Next up: 19. Analyze Demand and Capability. Previously: 17. Smaller Models. Start from the beginning: 1. Transparency.

My book Kanban from the Inside was published in September 2014 by Blue Hole Press, publishers of David Anderson’s Kanban book, aka the “blue book”. Complete with an awesome foreword by Luke Hohmann, it is available in paperback and now on Kindle onamazon.com, amazon.co.uk, amazon.de and amazon.fr and (no doubt) other amazons also. A PDF e-book is also available via the djaa.com store.

Kanban from the Inside: 17. Smaller Models

The purpose of chapter 17 is to cover a number of models that help explain things we’ve seen already in parts I and II or might need for Part III (Implementation). I’ve thrown in a few bonus items also! All together:

  • Little’s law, a beautifully simple formula with a nice visual interpretation (and an excuse to revisit cumulative flow diagrams)
  • The Satir change model, the late Virginia Satir’s powerful description of the change process
  • Two coaching models, the very useful thinking tool GROW, and Toyota’s A3 (first mentioned in Chapter 14)
  • Jeff Anderson’s Lean Change Canvas via a digression into the Pyramid Principle
  • Various models of facilitation, including games
  • Two models of leadership and collaboration, T-shaped leadership and triads

This week’s excerpt introduces the last of those.

Models of Collaborative Leadership: Triads and T-Shapes

The Triad is a very simple model of collaboration and collaborative leadership that has been practiced deliberately in a surprising variety of places. Thanks to Tribal Leadership: Leveraging Natural Groups to Build a Thriving Organization, the book by Dave Logan, John King, and Halee Fischer-Wright, we understand its applicability to corporate and community life. Triads appear in some churches in the form of prayer triplets (my wife, Sharon, has been a member of several of these); the model was even practiced by the KGB!

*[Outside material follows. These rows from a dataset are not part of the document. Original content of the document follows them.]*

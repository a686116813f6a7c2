//! The calls of `Gf` at 31, compared with residues worked by hand, and the generic calls of the algebra at this field.

use hp_algebra::{Domain, FiniteField, Ring, dot, greatest_weight, product_is_zero};
use hp_modp::{Gf, P31};
use std::test::Fail;

type K = Gf<P31>;

fn product_vanishes<D: Domain>(left: &D, right: &D) -> bool {
    product_is_zero(left, right)
}

#[test]
fn residues_by_the_ring(rt: HostRuntime) -> Result<(), Fail> {
    let alloc = rt.alloc();
    let (x, y) = (K::new(16), K::new(20));
    assert_eq!(rt; x.add(alloc, &y)?.residue(), 5);
    assert_eq!(rt; x.neg(alloc)?.residue(), 15);
    assert_eq!(rt; x.mul(alloc, &y)?.residue(), 10);
    assert_eq!(rt; K::zero(alloc)?.residue(), 0);
    assert_eq!(rt; K::one(alloc)?.residue(), 1);
    assert!(rt; x.equal(&K::new(16)));
    assert!(rt; !x.equal(&y));
    assert!(rt; !x.is_zero());
    assert_eq!(rt; greatest_weight([x, y].as_slice()), 0);
    let (left, right) = ([K::new(1), K::new(2)], [K::new(3), K::new(4)]);
    assert_eq!(rt;
        dot(alloc, left.as_slice(), right.as_slice())?.residue(),
        11
    );
    assert!(rt; !product_vanishes(&x, &y));
    assert!(rt; product_vanishes(&x, &K::new(0)));
    Ok(())
}

#[test]
fn elements_by_number(rt: HostRuntime) {
    for (v, residue) in [
        (0, 0),
        (30, 30),
        (31, 0),
        (-1, 30),
        (-31, 0),
        (9_999_999_999, 4),
        (-9_999_999_999, 27),
        (i64::MIN, 23),
    ] {
        assert_eq!(rt; K::from_i64(v).residue(), residue, "at {v}");
    }
    assert_eq!(rt; K::nth(17).place(), 17);
    assert_eq!(rt; K::ORDER, 31);
}
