//! Sets without broken circuit of three lines in a plane, worked by hand.

use crate::samples::{set_within, three_lines};
use hp_circuits::{NbcStop, is_nbc, nbc_of_size};
use hp_sets::HSet;
use std::test::Fail;

/// The lines 2 and 3 are the only circuit without its least member.
#[test]
fn one_broken_circuit(rt: HostRuntime) -> Result<(), Fail> {
    let alloc = rt.alloc();
    let arr = three_lines(&rt, alloc)?;
    for (set, answer) in [
        (HSet::single(2).with(3), false),
        (HSet::single(1).with(3), true),
        (HSet::empty(), true),
    ] {
        let set = set_within(&arr, set)?;
        assert_eq!(rt; is_nbc(alloc, &arr, set)?, answer, "{set:?}");
    }
    Ok(())
}

#[test]
fn sets_of_two(rt: HostRuntime) -> Result<(), Fail> {
    let alloc = rt.alloc();
    let arr = three_lines(&rt, alloc)?;
    let sets = [HSet::single(1).with(2), HSet::single(1).with(3)];
    assert_eq!(rt; nbc_of_size(alloc, &arr, 2, 2)?.as_slice(), sets.as_slice());
    assert_eq!(rt;
        nbc_of_size(alloc, &arr, 2, 1).err(),
        Some(NbcStop::TooMany)
    );
    Ok(())
}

A triad connects three people, united by some common purpose. Sometimes it is the result of one person introducing two previously unconnected people; sometimes they are formed to perform some specific task. Effective triads obey two rules:

  1. Each member takes some responsibility for the relationship between the other two members, providing strength.
  2. Growth comes not by turning triads into quads, but by forming additional triads involving one or two members of existing triads, thereby creating networks.

I’m the kind of person who approaches a “networking event” with dread, and the triad model is just about the only form of networking that works for me. I have learned to make a point of introducing people whom I know to share some common interest. That’s rewarding in itself, but often I reap double or triple the benefit in the form of fruitful collaboration and new introductions.

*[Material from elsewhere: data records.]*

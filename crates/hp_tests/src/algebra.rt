//! The calls on lists and rows, over the residues modulo 31.

use hp_algebra::{FiniteField, List, NoMem, dot, form_value, scaled, unit_row};
use hp_modp::{Gf, P31};
use std::alloc::{AllocError, Global};
use std::test::Fail;

type K = Gf<P31>;

fn pushed(alloc: Global, number: u8) -> Result<Vec<u8>, NoMem> {
    let mut numbers = Vec::new(alloc);
    numbers.push(number)?;
    Ok(numbers)
}

#[test]
fn lists(rt: HostRuntime) -> Result<(), Fail> {
    let list = List::of(pushed(rt.alloc(), 7)?);
    assert_eq!(rt; list.as_slice(), [7].as_slice());
    assert_eq!(rt; list.into_vec().as_slice(), [7].as_slice());
    Ok(())
}

/// The residues of these integers.
fn row(alloc: Global, integers: &[i64]) -> Result<Vec<K>, AllocError> {
    integers.iter().map(|v| K::from_i64(*v)).collect(alloc)
}

/// The elements as numbers.
fn places(alloc: Global, row: &[K]) -> Result<Vec<u32>, AllocError> {
    row.iter().map(|x| x.place()).collect(alloc)
}

#[test]
fn unit_rows_and_multiples(rt: HostRuntime) -> Result<(), Fail> {
    let alloc = rt.alloc();
    let table: [(usize, usize, &[u32]); 5] = [
        (3, 1, &[7, 0, 0]),
        (3, 3, &[0, 0, 7]),
        (1, 1, &[7]),
        (2, 3, &[0, 0]),
        (0, 1, &[]),
    ];
    for (l, i, wanted) in table {
        let row = scaled(unit_row(alloc, l, i)?, K::new(7));
        assert_eq!(rt; places(alloc, &row)?.as_slice(), wanted, "{i} of {l}");
    }
    Ok(())
}

#[test]
fn sums_of_products(rt: HostRuntime) -> Result<(), Fail> {
    let alloc = rt.alloc();
    let table: [(&[i64], &[i64], u32); 4] = [
        (&[1, 2], &[3, 4], 11),
        (&[], &[], 0),
        (&[30], &[30], 1),
        (&[5, 7, -1], &[6, 9, 1], 30),
    ];
    for (a, b, sum) in table {
        let (left, right) = (row(alloc, a)?, row(alloc, b)?);
        assert!(rt; left.len() == right.len());
        assert_eq!(rt; dot(alloc, &left, &right)?.residue(), sum, "{a:?} {b:?}");
        assert_eq!(rt; form_value(&left, &right).residue(), sum, "{a:?} {b:?}");
    }
    // a coefficient without a coordinate counts for nothing
    let form = [K::new(2), K::new(3), K::new(5)];
    assert_eq!(rt; form_value(form.as_slice(), &[K::new(4)]).residue(), 8);
    Ok(())
}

Triads express collaborative leadership when they are used deliberately to share knowledge, to create opportunities, and to form bridges between different parts of the organization. I have encouraged graduate recruits to form long-lasting triads and to help one another to grow their networks from them, and I have used them short-term to solve specific problems.

Morten Hansen describes T-shaped management, which is somewhat analogous to the T-shaped people I alluded to in this book’s preface. His T-shaped managers encourage collaboration in two quite distinct ways:

  1. Much in the manner described in Chapter 3, close collaboration inside their part of the organization
  2. Addressing the downsides of collaboration described at the close of Chapter 3, “disciplined” collaboration across the wider organization

The key to Hansen’s model is that this second kind of collaboration is required to be purposeful and effective; it is not about networking for its own sake, and it is expected to deliver results in healthy proportion to the effort expended. Ill-disciplined collaboration may be worse than no collaboration at all.

Both models are entirely compatible with Kanban’s at every level kind of leadership. Triads don’t need to respect organizational boundaries at all, and those T shapes can emanate from anywhere. We can all do it.

Next up: 18 Understand sources of dissatisfaction. Previously: 16. The Kanban method. Start from the beginning: 1. Transparency.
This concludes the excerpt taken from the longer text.